DATA FOR ANALYSIS:
[Start of section]

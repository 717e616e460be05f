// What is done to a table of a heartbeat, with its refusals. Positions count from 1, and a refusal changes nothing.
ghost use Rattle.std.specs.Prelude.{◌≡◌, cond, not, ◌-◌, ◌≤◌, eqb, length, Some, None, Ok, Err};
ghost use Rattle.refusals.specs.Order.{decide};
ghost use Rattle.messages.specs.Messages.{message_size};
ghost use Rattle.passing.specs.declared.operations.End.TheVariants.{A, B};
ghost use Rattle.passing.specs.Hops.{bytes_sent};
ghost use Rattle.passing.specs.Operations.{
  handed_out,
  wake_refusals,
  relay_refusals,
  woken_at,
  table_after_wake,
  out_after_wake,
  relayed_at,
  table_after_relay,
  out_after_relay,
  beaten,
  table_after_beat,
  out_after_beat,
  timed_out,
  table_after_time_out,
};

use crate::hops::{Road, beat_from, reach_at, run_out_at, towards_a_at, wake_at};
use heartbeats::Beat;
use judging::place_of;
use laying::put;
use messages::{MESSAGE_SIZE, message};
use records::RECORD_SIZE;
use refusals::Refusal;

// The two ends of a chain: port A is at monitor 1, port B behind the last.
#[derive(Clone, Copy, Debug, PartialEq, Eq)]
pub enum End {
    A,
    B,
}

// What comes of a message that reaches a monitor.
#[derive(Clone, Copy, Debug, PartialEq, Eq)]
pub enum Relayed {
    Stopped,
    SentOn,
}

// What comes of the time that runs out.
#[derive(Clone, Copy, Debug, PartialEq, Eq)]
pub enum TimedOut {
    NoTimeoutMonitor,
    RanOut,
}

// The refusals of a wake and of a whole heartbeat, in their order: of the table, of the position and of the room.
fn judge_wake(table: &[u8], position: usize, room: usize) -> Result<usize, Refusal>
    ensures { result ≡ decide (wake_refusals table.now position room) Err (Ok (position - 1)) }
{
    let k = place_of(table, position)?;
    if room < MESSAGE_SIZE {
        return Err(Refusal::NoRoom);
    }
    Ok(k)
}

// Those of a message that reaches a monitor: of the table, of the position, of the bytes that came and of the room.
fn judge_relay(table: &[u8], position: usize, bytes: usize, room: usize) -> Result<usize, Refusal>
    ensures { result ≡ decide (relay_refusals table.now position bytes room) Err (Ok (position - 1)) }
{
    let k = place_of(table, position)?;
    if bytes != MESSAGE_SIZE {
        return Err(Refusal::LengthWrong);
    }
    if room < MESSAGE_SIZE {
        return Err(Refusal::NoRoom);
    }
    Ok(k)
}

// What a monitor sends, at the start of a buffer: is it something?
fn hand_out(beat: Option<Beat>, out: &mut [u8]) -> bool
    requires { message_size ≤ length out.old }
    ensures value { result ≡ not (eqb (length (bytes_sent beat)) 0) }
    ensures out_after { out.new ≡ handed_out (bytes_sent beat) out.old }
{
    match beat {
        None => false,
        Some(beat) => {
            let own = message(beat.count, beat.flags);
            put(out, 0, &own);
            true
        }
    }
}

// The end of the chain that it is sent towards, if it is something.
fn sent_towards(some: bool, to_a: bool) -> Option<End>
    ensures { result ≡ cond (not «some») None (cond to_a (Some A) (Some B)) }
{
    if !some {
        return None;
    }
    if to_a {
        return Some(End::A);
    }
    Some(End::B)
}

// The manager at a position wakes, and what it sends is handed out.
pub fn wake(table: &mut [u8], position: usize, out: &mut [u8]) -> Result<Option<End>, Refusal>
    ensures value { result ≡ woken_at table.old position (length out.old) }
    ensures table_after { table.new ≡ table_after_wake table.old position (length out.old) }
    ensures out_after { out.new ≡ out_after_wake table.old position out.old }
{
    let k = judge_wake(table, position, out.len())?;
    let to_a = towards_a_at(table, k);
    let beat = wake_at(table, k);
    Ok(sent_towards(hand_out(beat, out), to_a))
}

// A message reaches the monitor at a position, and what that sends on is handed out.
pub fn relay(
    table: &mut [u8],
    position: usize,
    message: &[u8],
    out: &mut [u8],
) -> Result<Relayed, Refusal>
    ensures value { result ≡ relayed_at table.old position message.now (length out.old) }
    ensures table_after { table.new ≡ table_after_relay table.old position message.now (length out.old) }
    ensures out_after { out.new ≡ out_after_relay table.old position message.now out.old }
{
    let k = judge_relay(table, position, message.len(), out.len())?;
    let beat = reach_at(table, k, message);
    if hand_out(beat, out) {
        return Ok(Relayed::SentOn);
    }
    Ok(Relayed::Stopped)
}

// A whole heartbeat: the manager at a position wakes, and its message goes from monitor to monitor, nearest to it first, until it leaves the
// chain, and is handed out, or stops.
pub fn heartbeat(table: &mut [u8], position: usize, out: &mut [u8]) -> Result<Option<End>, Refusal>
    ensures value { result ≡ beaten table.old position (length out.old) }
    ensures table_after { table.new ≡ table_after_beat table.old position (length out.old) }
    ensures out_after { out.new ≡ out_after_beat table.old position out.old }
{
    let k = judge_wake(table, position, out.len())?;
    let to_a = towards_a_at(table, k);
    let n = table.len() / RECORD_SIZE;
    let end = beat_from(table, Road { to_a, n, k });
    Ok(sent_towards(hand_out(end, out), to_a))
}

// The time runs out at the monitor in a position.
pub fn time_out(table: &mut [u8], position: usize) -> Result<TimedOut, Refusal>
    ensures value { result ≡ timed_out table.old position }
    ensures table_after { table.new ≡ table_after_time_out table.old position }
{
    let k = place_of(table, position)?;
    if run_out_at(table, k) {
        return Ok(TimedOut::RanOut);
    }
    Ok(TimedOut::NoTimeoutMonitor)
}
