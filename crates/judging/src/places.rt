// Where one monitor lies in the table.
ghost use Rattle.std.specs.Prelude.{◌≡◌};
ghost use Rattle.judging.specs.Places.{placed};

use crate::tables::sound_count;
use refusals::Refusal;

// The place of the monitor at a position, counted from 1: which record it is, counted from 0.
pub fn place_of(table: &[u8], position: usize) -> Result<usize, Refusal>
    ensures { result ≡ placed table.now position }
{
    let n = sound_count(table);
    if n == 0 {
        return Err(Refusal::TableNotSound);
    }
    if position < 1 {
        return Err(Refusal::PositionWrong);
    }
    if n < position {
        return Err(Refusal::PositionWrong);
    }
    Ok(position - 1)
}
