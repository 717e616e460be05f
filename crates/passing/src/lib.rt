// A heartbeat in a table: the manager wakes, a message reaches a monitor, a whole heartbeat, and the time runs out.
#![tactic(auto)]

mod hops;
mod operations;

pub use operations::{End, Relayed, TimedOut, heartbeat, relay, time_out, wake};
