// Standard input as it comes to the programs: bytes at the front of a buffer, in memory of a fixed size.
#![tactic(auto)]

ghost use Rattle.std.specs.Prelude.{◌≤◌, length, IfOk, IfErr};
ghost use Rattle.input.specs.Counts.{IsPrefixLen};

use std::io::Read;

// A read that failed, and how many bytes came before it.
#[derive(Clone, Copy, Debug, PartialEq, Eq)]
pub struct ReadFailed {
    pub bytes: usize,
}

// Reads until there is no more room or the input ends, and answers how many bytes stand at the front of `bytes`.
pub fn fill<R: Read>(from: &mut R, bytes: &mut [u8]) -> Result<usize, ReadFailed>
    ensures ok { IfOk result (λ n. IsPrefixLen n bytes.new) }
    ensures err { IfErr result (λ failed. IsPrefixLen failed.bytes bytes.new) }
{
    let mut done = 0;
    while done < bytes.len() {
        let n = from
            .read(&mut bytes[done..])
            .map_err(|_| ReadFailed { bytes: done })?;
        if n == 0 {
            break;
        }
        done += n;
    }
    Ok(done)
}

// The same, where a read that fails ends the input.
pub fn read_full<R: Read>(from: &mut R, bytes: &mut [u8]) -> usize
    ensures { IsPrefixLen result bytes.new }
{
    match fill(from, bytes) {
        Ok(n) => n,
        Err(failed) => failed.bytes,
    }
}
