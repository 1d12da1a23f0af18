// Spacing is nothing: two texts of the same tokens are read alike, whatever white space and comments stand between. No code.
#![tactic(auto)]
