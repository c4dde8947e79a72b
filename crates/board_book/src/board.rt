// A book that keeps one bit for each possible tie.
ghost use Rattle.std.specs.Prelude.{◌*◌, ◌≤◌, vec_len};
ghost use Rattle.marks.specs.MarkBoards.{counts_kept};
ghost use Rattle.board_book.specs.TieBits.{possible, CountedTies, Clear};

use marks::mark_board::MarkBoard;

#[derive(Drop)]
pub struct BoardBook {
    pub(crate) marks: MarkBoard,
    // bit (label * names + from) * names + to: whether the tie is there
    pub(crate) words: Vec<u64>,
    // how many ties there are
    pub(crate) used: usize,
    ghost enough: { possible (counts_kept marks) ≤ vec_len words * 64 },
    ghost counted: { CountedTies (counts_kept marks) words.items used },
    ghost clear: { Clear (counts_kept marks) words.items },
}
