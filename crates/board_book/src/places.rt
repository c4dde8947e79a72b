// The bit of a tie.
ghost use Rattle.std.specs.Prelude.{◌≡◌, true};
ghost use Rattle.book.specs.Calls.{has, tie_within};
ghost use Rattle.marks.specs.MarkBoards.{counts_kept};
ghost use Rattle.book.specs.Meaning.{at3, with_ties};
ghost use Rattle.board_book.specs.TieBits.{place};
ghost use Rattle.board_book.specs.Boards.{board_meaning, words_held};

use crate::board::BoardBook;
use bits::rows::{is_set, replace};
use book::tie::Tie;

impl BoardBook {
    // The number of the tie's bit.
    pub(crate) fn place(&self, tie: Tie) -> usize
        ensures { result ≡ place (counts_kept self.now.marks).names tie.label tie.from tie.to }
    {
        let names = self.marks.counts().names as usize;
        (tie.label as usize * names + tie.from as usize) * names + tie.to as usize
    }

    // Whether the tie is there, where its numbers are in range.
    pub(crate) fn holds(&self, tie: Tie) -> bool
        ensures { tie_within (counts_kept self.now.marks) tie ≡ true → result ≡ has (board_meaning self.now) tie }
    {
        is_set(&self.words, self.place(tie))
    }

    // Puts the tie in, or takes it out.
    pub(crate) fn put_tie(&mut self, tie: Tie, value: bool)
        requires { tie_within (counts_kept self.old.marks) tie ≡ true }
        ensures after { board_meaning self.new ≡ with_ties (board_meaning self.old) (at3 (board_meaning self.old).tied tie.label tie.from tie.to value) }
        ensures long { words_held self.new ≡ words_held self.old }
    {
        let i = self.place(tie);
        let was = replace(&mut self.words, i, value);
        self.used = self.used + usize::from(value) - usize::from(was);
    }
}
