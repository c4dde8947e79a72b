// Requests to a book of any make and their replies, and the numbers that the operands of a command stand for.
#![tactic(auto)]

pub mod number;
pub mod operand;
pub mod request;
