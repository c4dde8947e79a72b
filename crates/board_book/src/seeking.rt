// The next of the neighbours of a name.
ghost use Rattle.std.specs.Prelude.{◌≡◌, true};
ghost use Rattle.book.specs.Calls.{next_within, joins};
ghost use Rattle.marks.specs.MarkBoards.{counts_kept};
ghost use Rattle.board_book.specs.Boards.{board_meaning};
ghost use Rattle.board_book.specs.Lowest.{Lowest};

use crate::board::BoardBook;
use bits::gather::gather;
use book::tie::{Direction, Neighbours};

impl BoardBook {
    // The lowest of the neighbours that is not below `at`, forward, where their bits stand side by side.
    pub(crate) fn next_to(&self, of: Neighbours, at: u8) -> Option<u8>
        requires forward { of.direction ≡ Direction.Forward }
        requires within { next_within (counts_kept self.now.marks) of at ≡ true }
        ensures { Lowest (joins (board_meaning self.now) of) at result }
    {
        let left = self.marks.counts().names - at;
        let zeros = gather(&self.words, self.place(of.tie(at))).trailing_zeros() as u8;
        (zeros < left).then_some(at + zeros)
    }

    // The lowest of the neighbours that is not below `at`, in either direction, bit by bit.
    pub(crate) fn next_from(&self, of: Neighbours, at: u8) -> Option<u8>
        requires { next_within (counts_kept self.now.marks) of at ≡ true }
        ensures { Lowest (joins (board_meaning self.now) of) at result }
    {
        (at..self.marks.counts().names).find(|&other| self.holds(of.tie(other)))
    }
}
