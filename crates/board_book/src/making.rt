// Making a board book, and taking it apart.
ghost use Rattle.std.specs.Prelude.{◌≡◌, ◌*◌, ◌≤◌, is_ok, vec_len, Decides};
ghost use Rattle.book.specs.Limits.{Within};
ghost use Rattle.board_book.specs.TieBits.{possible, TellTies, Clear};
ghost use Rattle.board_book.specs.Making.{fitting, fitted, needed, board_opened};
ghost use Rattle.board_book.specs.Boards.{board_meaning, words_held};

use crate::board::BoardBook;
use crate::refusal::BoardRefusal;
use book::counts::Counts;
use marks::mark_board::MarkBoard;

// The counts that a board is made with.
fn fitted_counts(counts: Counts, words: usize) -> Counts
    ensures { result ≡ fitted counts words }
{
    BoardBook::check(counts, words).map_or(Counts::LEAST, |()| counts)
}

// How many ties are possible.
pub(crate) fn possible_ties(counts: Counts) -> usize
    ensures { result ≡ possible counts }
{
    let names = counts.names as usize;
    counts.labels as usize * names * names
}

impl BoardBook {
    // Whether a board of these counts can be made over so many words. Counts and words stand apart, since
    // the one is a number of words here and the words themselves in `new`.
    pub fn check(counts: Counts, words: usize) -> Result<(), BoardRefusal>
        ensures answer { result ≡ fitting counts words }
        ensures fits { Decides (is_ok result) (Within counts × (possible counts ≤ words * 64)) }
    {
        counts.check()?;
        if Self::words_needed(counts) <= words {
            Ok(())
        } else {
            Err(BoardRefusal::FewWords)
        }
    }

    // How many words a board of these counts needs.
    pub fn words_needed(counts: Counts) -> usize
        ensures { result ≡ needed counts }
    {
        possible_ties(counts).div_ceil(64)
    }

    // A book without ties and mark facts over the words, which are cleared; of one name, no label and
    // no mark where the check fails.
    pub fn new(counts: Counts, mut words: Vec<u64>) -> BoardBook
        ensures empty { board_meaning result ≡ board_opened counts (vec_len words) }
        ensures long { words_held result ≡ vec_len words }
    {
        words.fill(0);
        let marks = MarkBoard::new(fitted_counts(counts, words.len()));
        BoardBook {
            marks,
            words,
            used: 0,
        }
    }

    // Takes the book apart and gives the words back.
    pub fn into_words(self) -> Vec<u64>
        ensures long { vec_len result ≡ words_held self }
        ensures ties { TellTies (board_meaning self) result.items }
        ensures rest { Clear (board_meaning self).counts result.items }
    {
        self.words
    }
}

[End of section]

From the records above, extract exactly and only the lines that begin at the line with "in the table." and stop after the line with "came before it.".

// Where one monitor lies in the table.
ghost use Rattle.std.specs.Prelude.{◌≡◌};
ghost use Rattle.judging.specs.Places.{placed};

use crate::tables::sound_count;
use refusals::Refusal;

// The place of the monitor at a position, counted from 1: which record it is, counted from 0.
pub fn place_of(table: &[u8], position: usize) -> Result<usize, Refusal>
    ensures { result ≡ placed table.now position }
{
    let n = sound_count(table);
    if n == 0 {
        return Err(Refusal::TableNotSound);
    }
    if position < 1 {
        return Err(Refusal::PositionWrong);
    }
    if n < position {
        return Err(Refusal::PositionWrong);
    }
    Ok(position - 1)
}
repository 717e616e460be05f
filename crates/passing/src/lib.rt
// A heartbeat in a table: the manager wakes, a message reaches a monitor, a whole heartbeat, and the time runs out.
#![tactic(auto)]

mod hops;
mod operations;

pub use operations::{End, Relayed, TimedOut, heartbeat, relay, time_out, wake};
// Standard input as it comes to the programs: bytes at the front of a buffer, in memory of a fixed size.
#![tactic(auto)]

ghost use Rattle.std.specs.Prelude.{◌≤◌, length, IfOk, IfErr};
ghost use Rattle.input.specs.Counts.{IsPrefixLen};

use std::io::Read;

// A read that failed, and how many bytes came before it.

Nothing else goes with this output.